The Alpha Incident was released for the first time on DVD by Mill Creek Entertainment on August 30, 2005 as a part of its
Chilling Classics: 50 Movie Pack. On August 15, 2006 it was released by Digital 1 Stop, as a part of its
Nightmare Worlds: 50 Movie Pack. Mill Creek re-released the film on four separate occasions as a part of various multi-film packs in 2007 and 2008. On August 24, 2010, the film was released as a part of a multi-film pack by Tnt Media Group. On September 21, that same year it was released as a single-feature by Synergy Entertainment.

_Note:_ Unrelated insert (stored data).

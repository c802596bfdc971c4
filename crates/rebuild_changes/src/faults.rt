//! Why copy makes no image.

use elf_types::{ElfError, Octets};

/// Why copy makes no image. A fault owns the name that it carries.
#[derive(Drop)]
pub enum CopyFault {
    /// No section has the name.
    NoSection {
        /// The name.
        name: Octets,
    },
    /// A section without bytes in the file, `SHT_NULL` or `SHT_NOBITS`, gets none.
    NoBytes {
        /// Its name.
        name: Octets,
    },
    /// An allocated section of a program keeps its length.
    Allocated {
        /// Its name.
        name: Octets,
    },
    /// A section of a program stays allocated or not.
    Fixed {
        /// Its name.
        name: Octets,
    },
    /// No section was rebuilt for the names, so that new ones have no place.
    NoTable,
    /// A refusal of a step, or out of memory, or a failed read.
    Strip(ElfError),
}
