//! readelf: the parts of each file that it names.

ghost use Rattle.std.specs.Prelude.{◌≡◌, IsTrue};
ghost use Rattle.tool_output.specs.Files.{LeavesFiles};
ghost use Rattle.tool_output.specs.Statuses.{refused_status};
ghost use Rattle.tool_output.specs.Outcomes.{Does};
ghost use Rattle.elfkit_read.specs.Readelf.{readelf_outcome};

use crate::objects::each_object;
use crate::titles::{Title, Titled};
use elf_outside::{Files, Sink};
use readelf_tool::{ReadelfParts, ReadelfTool};
use std::alloc::Global;
use tool_output::{Outputs, Stop};
use tool_text::Args;

/// The command readelf: the parts of each file, in the order of the names, and of each member of
/// one that is an archive. It returns whether something was rejected.
#[tactic(auto, unfolding(crate::specs::Readelf::readelf_outcome))]
pub fn run_readelf<F: Files, O: Sink, E: Sink>(
    alloc: Global,
    parts: &ReadelfParts,
    names: &Args,
    files: &mut F,
    outputs: &mut Outputs<'_, O, E>,
) -> Result<bool, Stop>
    ensures does { IsTrue (F.tells files.old) → Does F.Files O.Sink E.Sink refused_status
        (readelf_outcome parts.now names.now (F.named files.old))
        result files.old files.new outputs.old outputs.new }
    ensures given { F.given files.new ≡ F.given files.old }
    ensures leaves { LeavesFiles F.Files O.Sink E.Sink
        result files.old files.new outputs.old outputs.new }
{
    let tool = &ReadelfTool { parts };
    let of_file = Titled {
        tool,
        title: Title::File.under(names.len() > 1),
    };
    let of_member = Titled {
        tool,
        title: Title::File,
    };
    each_object(alloc, &of_file, &of_member, names, files, outputs)
}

As of November 2021, the full movie is available on YouTube.

==Reception==

The Alpha Incident received mostly negative reviews upon its release.
Alan Jones from Radio Times rated the film a negative one out of five stars, calling it "[an] over-talky feeble fable". Dan Budnik from Bleeding Skull also criticized the film as being "overly talky", while also criticizing the film's underwritten and unlikable characters and sluggish pacing. On his website Fantastic Movie Musings and Ramblings, Dave Sindelar similarly criticized the film's unlikable characters, with character interactions being "repetitious and tiresome". Sindelar also criticized the film's poor acting and dialogue.

Creature Feature gave the movie one star, citing many of the same issues in the above review and noting that Ralph Meeker is wasted in the movie and his death scene the only interesting part of the film. The Encyclopedia of Science Fiction noted that director Rebane is known for his low budget movies, and this is neither his best nor his worst.